Remembering Ferguson

An image from a news story has stuck in my mind: white men openly carrying their firearms around the streets of Ferguson, seeing themselves as a volunteer militia protecting the city from looters and villains.

I imagined myself in their shoes; imagined how I would be seen. I compared that image to Michael Brown. The question of policing reframed in my mind. The world turned upside down.

I remembered the Metallica and Guns-n-Roses concert in Denver in 1992. Body Count opened the show. For their final song they performed the controversial song, Cop Killer. wikipedia

Ice-T tried to get the Mile High Stadium crowd to chant along with the lyric "fuck the police." I remember feeling confused, not understanding why the band were so angry at the police. Then I noticed one of my friends being equally angry, but angry at Ice-T, not the police.

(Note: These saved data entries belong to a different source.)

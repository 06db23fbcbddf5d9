//! Answers the steps of a script.
ghost use Rattle.std.specs.Prelude.{◌≡◌, ◌+◌, ◌-◌, ◌^◌, ◌<◌, false, None, Some, OnOk};
ghost use Rattle.std.specs.Io.KnownBytes.{Appends};
ghost use Rattle.serve_script.specs.Faults.{failed_writes};
ghost use Rattle.recording.specs.declared.step.Subject.TheVariants.{Version as Numbered, Head as Stand};
ghost use Rattle.serve_script.specs.Told.{reply_told};
ghost use Rattle.many_scripts.specs.Played.{IsBooked, IsChange, IsCommit, IsReport, IsReportAgainst, IsReportOf, IsStep};
ghost use Rattle.many_scripts.specs.Playing.{Answers, HasHeard, IsAskedAlone};

use crate::access::Access;
use crate::events::{book, commit};
use desk::{Client, Desk, Known, Naming, ReadFault};
use level_pool::Runner;
use recording::{Asked, Step, Subject};
use serve_script::{AnswerFault, against_in, tell_no_version, tell_reply, write_asked};
use session_core::{Event, Reply, TableFault};
use share_tree::Held;
use stage_graph::Edits;
use std::sync::Wait;
use text_io::Sink;
use version_store::{StateRepresentation, Version};

/// No version of a desk.
fn no_version<N: Naming, K: StateRepresentation, H: Wait + Drop>(
    _desk: &Desk<N, K, H>,
) -> Option<&Version<K>>
    ensures { result ≡ None }
{
    None
}

/// Writes the reply to an event that edits no version.
fn write_lone_reply<N: Naming, K: StateRepresentation, H: Wait + Drop, W, S: Sink>(
    access: &Access<'_, N, K, H, W>,
    event: &Event,
    listed: bool,
    reply: Reply,
    sink: &mut S,
) -> Result<(), AnswerFault>
    requires { S.failures sink.old < 2 ^ 64 - 1 }
    ensures ok { OnOk result (Appends (S.held sink.old) (S.held sink.new) (reply_told access.now.form None event.now listed reply)) }
    ensures failures { S.failures sink.new ≡ S.failures sink.old + failed_writes result }
{
    let base = no_version(access.desk);
    tell_reply(access.alloc, base, event, listed, reply, access.form, sink)
}

/// Asks the desk for an event that is no commit, and writes its reply.
fn answer_event<N: Naming, K: StateRepresentation, H: Wait + Drop, W, S: Sink>(
    access: &Access<'_, N, K, H, W>,
    client: &mut Client<N, K>,
    event: &Event,
    sink: &mut S,
) -> Result<(), AnswerFault>
    requires alone { IsAskedAlone event.now }
    requires heard { HasHeard client.old }
    requires room { S.failures sink.old < 2 ^ 64 - 1 }
    ensures ok { OnOk result (Answers (λ seen earlier. IsBooked access.now.form client.old.number None event.now false) client.old client.new (S.held sink.old) (S.held sink.new)) }
    ensures failures { S.failures sink.new ≡ S.failures sink.old + failed_writes result }
{
    let reply = book(access, client, event)?;
    write_lone_reply(access, event, false, reply, sink)
}

/// Asks the desk for edits of a version, and writes the reply.
fn answer_commit<N: Naming, K: StateRepresentation, H: Wait + Drop, W: Runner, S: Sink>(
    access: &Access<'_, N, K, H, W>,
    client: &mut Client<N, K>,
    session: u32,
    base: &Known<N, K>,
    edits: Edits,
    listed: bool,
    sink: &mut S,
) -> Result<(), AnswerFault>
    requires heard { HasHeard client.old }
    requires room { S.failures sink.old < 2 ^ 64 - 1 }
    ensures ok { OnOk result (Answers (λ seen earlier. IsCommit access.now.form client.old.number session base.now.number edits listed base.now) client.old client.new (S.held sink.old) (S.held sink.new)) }
    ensures failures { S.failures sink.new ≡ S.failures sink.old + failed_writes result }
{
    let edit = Held::new(access.alloc, edits)?;
    let reply = commit(access, client, session, base, &edit)?;
    let event = Event::Commit {
        session,
        base: base.number(),
        edit,
    };
    tell_reply(
        access.alloc,
        Some(&**base),
        &event,
        listed,
        reply,
        access.form,
        sink,
    )
}

/// Asks the desk for edits of the version of a number, and writes the reply.
fn answer_at<N: Naming, K: StateRepresentation, H: Wait + Drop, W: Runner, S: Sink>(
    access: &Access<'_, N, K, H, W>,
    client: &mut Client<N, K>,
    session: u32,
    number: u32,
    edits: Edits,
    listed: bool,
    sink: &mut S,
) -> Result<(), AnswerFault>
    requires heard { HasHeard client.old }
    requires room { S.failures sink.old < 2 ^ 64 - 1 }
    ensures ok { OnOk result (Answers (λ seen earlier. IsChange access.now.form client.old.number seen earlier session (Some number) edits listed) client.old client.new (S.held sink.old) (S.held sink.new)) }
    ensures failures { S.failures sink.new ≡ S.failures sink.old + failed_writes result }
{
    match client.version(number) {
        Ok(base) => answer_commit(access, client, session, &base, edits, listed, sink),
        Err(ReadFault::NoVersion) => tell_no_version(access.alloc, access.form, sink),
        Err(ReadFault::Memory) => Err(AnswerFault::Memory),
    }
}

/// Asks the desk for edits of the version at which a session stands, and writes the reply.
fn answer_head<N: Naming, K: StateRepresentation, H: Wait + Drop, W: Runner, S: Sink>(
    access: &Access<'_, N, K, H, W>,
    client: &mut Client<N, K>,
    session: u32,
    edits: Edits,
    listed: bool,
    sink: &mut S,
) -> Result<(), AnswerFault>
    requires heard { HasHeard client.old }
    requires room { S.failures sink.old < 2 ^ 64 - 1 }
    ensures ok { OnOk result (Answers (λ seen earlier. IsChange access.now.form client.old.number seen earlier session None edits listed) client.old client.new (S.held sink.old) (S.held sink.new)) }
    ensures failures { S.failures sink.new ≡ S.failures sink.old + failed_writes result }
{
    match access.desk.snapshot(access.rt, client, session) {
        Ok(base) => answer_commit(access, client, session, &base, edits, listed, sink),
        Err(TableFault::Refused(refusal)) => {
            let event = Event::Head { session };
            let reply = Reply::Refused(refusal);
            write_lone_reply(access, &event, listed, reply, sink)
        }
        Err(TableFault::Memory) => Err(AnswerFault::Memory),
    }
}

/// Asks the desk for edits of a version or of the session's head, and writes the reply.
fn answer_change<N: Naming, K: StateRepresentation, H: Wait + Drop, W: Runner, S: Sink>(
    access: &Access<'_, N, K, H, W>,
    client: &mut Client<N, K>,
    session: u32,
    base: Option<u32>,
    edits: Edits,
    listed: bool,
    sink: &mut S,
) -> Result<(), AnswerFault>
    requires heard { HasHeard client.old }
    requires room { S.failures sink.old < 2 ^ 64 - 1 }
    ensures ok { OnOk result (Answers (λ seen earlier. IsChange access.now.form client.old.number seen earlier session base edits listed) client.old client.new (S.held sink.old) (S.held sink.new)) }
    ensures failures { S.failures sink.new ≡ S.failures sink.old + failed_writes result }
{
    match base {
        Some(number) => answer_at(access, client, session, number, edits, listed, sink),
        None => answer_head(access, client, session, edits, listed, sink),
    }
}

/// Writes the report of a version, without a comparison, or compared with the version of a number.
fn answer_of<N: Naming, K: StateRepresentation, H: Wait + Drop, W: Runner, S: Sink>(
    access: &Access<'_, N, K, H, W>,
    client: &mut Client<N, K>,
    version: &Version<K>,
    asked: &Asked,
    sink: &mut S,
) -> Result<(), AnswerFault>
    requires heard { HasHeard client.old }
    requires room { S.failures sink.old < 2 ^ 64 - 1 }
    ensures ok { OnOk result (Answers (λ seen earlier. IsReportOf access.now.form seen earlier version.now asked.now) client.old client.new (S.held sink.old) (S.held sink.new)) }
    ensures failures { S.failures sink.new ≡ S.failures sink.old + failed_writes result }
{
    match against_in(asked) {
        None => {
            let against = no_version(access.desk);
            write_asked(
                access.alloc,
                version,
                against,
                asked,
                access.runner,
                access.form,
                sink,
            )
        }
        Some(number) => answer_against(access, client, version, number, asked, sink),
    }
}

/// Writes the report of a version, compared with the version of a number, or that there is no such version.
fn answer_against<N: Naming, K: StateRepresentation, H: Wait + Drop, W: Runner, S: Sink>(
    access: &Access<'_, N, K, H, W>,
    client: &mut Client<N, K>,
    version: &Version<K>,
    number: u32,
    asked: &Asked,
    sink: &mut S,
) -> Result<(), AnswerFault>
    requires heard { HasHeard client.old }
    requires room { S.failures sink.old < 2 ^ 64 - 1 }
    ensures ok { OnOk result (Answers (λ seen earlier. IsReportAgainst access.now.form seen earlier version.now asked.now (Some number)) client.old client.new (S.held sink.old) (S.held sink.new)) }
    ensures failures { S.failures sink.new ≡ S.failures sink.old + failed_writes result }
{
    match client.version(number) {
        Ok(against) => write_asked(
            access.alloc,
            version,
            Some(&*against),
            asked,
            access.runner,
            access.form,
            sink,
        ),
        Err(ReadFault::NoVersion) => tell_no_version(access.alloc, access.form, sink),
        Err(ReadFault::Memory) => Err(AnswerFault::Memory),
    }
}

/// Writes a report of the version of a number, or that there is no such version.
fn answer_version<N: Naming, K: StateRepresentation, H: Wait + Drop, W: Runner, S: Sink>(
    access: &Access<'_, N, K, H, W>,
    client: &mut Client<N, K>,
    number: u32,
    asked: &Asked,
    sink: &mut S,
) -> Result<(), AnswerFault>
    requires heard { HasHeard client.old }
    requires room { S.failures sink.old < 2 ^ 64 - 1 }
    ensures ok { OnOk result (Answers (λ seen earlier. IsReport access.now.form client.old.number seen earlier (Numbered number) asked.now) client.old client.new (S.held sink.old) (S.held sink.new)) }
    ensures failures { S.failures sink.new ≡ S.failures sink.old + failed_writes result }
{
    match client.version(number) {
        Ok(version) => answer_of(access, client, &version, asked, sink),
        Err(ReadFault::NoVersion) => tell_no_version(access.alloc, access.form, sink),
        Err(ReadFault::Memory) => Err(AnswerFault::Memory),
    }
}

/// Asks at which version a session stands, and writes a report of it, or the refusal.
fn answer_stand<N: Naming, K: StateRepresentation, H: Wait + Drop, W: Runner, S: Sink>(
    access: &Access<'_, N, K, H, W>,
    client: &mut Client<N, K>,
    session: u32,
    asked: &Asked,
    sink: &mut S,
) -> Result<(), AnswerFault>
    requires heard { HasHeard client.old }
    requires room { S.failures sink.old < 2 ^ 64 - 1 }
    ensures ok { OnOk result (Answers (λ seen earlier. IsReport access.now.form client.old.number seen earlier (Stand session) asked.now) client.old client.new (S.held sink.old) (S.held sink.new)) }
    ensures failures { S.failures sink.new ≡ S.failures sink.old + failed_writes result }
{
    match access.desk.snapshot(access.rt, client, session) {
        Ok(version) => answer_of(access, client, &version, asked, sink),
        Err(TableFault::Refused(refusal)) => {
            let event = Event::Head { session };
            let reply = Reply::Refused(refusal);
            write_lone_reply(access, &event, false, reply, sink)
        }
        Err(TableFault::Memory) => Err(AnswerFault::Memory),
    }
}

/// Writes a report of a version, or of the version at which a session stands.
fn answer_report<N: Naming, K: StateRepresentation, H: Wait + Drop, W: Runner, S: Sink>(
    access: &Access<'_, N, K, H, W>,
    client: &mut Client<N, K>,
    subject: Subject,
    asked: &Asked,
    sink: &mut S,
) -> Result<(), AnswerFault>
    requires heard { HasHeard client.old }
    requires room { S.failures sink.old < 2 ^ 64 - 1 }
    ensures ok { OnOk result (Answers (λ seen earlier. IsReport access.now.form client.old.number seen earlier subject asked.now) client.old client.new (S.held sink.old) (S.held sink.new)) }
    ensures failures { S.failures sink.new ≡ S.failures sink.old + failed_writes result }
{
    match subject {
        Subject::Version(number) => answer_version(access, client, number, asked, sink),
        Subject::Head(session) => answer_stand(access, client, session, asked, sink),
    }
}

/// Executes a step, and writes the reply or the report.
pub(crate) fn answer_step<N: Naming, K: StateRepresentation, H: Wait + Drop, W: Runner, S: Sink>(
    access: &Access<'_, N, K, H, W>,
    client: &mut Client<N, K>,
    step: Step,
    sink: &mut S,
) -> Result<(), AnswerFault>
    requires heard { HasHeard client.old }
    requires room { S.failures sink.old < 2 ^ 64 - 1 }
    ensures ok { OnOk result (Answers (λ seen earlier. IsStep access.now.form client.old.number seen earlier step) client.old client.new (S.held sink.old) (S.held sink.new)) }
    ensures failures { S.failures sink.new ≡ S.failures sink.old + failed_writes result }
{
    match step {
        Step::Open { session, version } => {
            answer_event(access, client, &Event::Open { session, version }, sink)
        }
        Step::Head { session } => answer_event(access, client, &Event::Head { session }, sink),
        Step::Undo { session } => answer_event(access, client, &Event::Undo { session }, sink),
        Step::Close { session } => answer_event(access, client, &Event::Close { session }, sink),
        Step::Change {
            session,
            base,
            edits,
            listed,
        } => answer_change(access, client, session, base, edits, listed, sink),
        Step::Report { subject, asked } => answer_report(access, client, subject, &asked, sink),
    }
}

He wasn't alone. The stadium wasn't full yet, but some among the crowd boo'd the song. A stadium full of mostly suburban white kids, and among them mostly young men, there wasn't a lot of common ground between the band's experience with the police and the crowd's.

It was protests of the killing of Michael Brown that helped me understand Ice-T's anger at the police. I could have walked around Ferguson, MO amid the protest and unrest, and I could openly carry a firearm, and even sing Cop Killer at the top of my lungs. I would be seen as exercising my First and Second Amendment Rights. But if Ice-T showed up and sang his own song, even without a firearm, he would almost certainly be shot and killed. And he would be seen as inciting violence.

As a white man, I get to enjoy The Bill of Rights. As a black man, he does not. It's like we don't live under the same Constitution. The de facto truth is there is no equal protection under the law.